---- Records supplied

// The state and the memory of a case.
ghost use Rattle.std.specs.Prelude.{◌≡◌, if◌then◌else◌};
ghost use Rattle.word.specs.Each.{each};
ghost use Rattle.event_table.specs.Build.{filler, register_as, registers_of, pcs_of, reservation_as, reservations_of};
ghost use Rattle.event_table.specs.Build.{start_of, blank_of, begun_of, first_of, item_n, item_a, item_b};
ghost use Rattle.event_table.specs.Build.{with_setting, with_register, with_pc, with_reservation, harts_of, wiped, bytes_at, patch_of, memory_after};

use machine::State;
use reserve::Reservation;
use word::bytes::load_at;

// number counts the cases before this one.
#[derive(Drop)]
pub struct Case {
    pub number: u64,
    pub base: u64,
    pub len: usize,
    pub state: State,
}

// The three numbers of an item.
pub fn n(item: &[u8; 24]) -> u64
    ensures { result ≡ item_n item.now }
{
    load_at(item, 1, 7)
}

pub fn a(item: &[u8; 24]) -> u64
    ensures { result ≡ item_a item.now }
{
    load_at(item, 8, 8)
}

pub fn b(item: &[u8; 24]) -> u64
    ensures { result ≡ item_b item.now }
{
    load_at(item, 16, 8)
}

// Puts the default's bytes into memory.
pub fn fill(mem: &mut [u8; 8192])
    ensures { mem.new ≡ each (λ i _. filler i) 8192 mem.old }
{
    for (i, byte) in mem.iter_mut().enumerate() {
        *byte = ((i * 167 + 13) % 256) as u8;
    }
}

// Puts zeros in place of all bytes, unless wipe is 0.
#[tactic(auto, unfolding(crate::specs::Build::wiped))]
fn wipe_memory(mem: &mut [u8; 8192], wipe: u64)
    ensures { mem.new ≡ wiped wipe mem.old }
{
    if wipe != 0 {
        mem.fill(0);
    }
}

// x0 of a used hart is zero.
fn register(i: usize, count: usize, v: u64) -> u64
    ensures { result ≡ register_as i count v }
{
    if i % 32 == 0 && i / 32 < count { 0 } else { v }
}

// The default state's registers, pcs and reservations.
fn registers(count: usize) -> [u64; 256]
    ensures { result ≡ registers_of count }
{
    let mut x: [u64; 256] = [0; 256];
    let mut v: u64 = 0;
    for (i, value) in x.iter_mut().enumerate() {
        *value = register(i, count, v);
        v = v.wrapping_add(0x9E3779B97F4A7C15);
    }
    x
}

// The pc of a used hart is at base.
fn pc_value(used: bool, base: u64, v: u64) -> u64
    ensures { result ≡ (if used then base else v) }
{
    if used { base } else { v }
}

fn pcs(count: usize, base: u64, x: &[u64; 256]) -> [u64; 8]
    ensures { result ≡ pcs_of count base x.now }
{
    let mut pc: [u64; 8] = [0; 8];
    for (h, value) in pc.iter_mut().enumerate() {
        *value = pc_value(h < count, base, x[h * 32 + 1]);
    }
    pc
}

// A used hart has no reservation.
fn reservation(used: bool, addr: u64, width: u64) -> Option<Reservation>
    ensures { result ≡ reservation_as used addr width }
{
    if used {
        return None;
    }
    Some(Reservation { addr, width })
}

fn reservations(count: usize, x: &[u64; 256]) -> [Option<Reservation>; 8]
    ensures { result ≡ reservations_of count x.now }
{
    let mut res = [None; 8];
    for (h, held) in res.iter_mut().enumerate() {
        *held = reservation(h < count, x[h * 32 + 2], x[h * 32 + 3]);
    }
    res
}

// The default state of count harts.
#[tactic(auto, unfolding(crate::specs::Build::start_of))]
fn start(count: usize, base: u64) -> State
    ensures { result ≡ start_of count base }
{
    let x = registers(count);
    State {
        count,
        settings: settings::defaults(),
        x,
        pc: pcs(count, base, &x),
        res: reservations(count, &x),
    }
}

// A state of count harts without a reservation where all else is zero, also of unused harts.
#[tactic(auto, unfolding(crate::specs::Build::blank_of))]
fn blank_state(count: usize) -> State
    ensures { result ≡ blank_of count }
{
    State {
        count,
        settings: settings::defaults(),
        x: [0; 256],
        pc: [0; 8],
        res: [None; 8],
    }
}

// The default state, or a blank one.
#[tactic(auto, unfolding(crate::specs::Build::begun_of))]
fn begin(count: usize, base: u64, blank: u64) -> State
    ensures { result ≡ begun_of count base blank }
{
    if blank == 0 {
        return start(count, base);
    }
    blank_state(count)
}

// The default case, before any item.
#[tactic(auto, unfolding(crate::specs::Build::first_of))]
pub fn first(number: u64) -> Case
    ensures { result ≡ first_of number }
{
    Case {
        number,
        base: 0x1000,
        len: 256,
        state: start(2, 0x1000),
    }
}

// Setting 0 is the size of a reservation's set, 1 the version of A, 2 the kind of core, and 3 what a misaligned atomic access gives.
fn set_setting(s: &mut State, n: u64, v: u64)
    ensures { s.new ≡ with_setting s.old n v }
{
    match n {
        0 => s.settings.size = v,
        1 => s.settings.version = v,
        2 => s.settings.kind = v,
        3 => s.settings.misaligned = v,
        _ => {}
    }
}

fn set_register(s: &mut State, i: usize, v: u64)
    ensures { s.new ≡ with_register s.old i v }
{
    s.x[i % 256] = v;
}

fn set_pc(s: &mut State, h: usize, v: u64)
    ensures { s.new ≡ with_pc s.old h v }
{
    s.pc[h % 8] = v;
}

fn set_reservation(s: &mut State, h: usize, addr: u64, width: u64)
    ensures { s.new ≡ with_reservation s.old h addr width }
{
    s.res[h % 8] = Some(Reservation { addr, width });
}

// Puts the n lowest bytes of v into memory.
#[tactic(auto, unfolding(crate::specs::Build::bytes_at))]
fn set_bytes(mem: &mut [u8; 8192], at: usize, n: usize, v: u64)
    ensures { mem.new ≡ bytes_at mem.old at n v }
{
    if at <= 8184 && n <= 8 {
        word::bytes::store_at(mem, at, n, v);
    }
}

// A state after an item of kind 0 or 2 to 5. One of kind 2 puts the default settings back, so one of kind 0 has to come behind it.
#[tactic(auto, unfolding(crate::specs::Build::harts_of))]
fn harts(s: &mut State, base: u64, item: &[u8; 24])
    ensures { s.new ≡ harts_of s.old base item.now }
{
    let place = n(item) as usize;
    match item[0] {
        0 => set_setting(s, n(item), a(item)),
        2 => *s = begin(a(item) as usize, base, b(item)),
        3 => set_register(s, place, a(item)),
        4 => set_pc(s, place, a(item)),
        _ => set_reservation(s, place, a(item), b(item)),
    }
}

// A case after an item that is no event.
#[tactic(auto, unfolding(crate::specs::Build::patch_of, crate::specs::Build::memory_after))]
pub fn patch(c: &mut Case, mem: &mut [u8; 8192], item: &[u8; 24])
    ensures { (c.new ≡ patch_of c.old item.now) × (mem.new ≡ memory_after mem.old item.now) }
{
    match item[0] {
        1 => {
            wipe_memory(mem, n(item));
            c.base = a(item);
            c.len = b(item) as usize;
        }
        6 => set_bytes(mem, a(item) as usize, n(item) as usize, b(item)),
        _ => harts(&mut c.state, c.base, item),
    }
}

--------

### [Task requirements]
Go through the material above and output exactly the lines from the one containing "of an item." through the one containing "unless wipe is 0.".

### [Result]
// The three numbers of an item.
pub fn n(item: &[u8; 24]) -> u64
    ensures { result ≡ item_n item.now }
{
    load_at(item, 1, 7)
}

pub fn a(item: &[u8; 24]) -> u64
    ensures { result ≡ item_a item.now }
{
    load_at(item, 8, 8)
}

pub fn b(item: &[u8; 24]) -> u64
    ensures { result ≡ item_b item.now }
{
    load_at(item, 16, 8)
}

// Puts the default's bytes into memory.
pub fn fill(mem: &mut [u8; 8192])
    ensures { mem.new ≡ each (λ i _. filler i) 8192 mem.old }
{
    for (i, byte) in mem.iter_mut().enumerate() {
        *byte = ((i * 167 + 13) % 256) as u8;
    }
}

// Puts zeros in place of all bytes, unless wipe is 0.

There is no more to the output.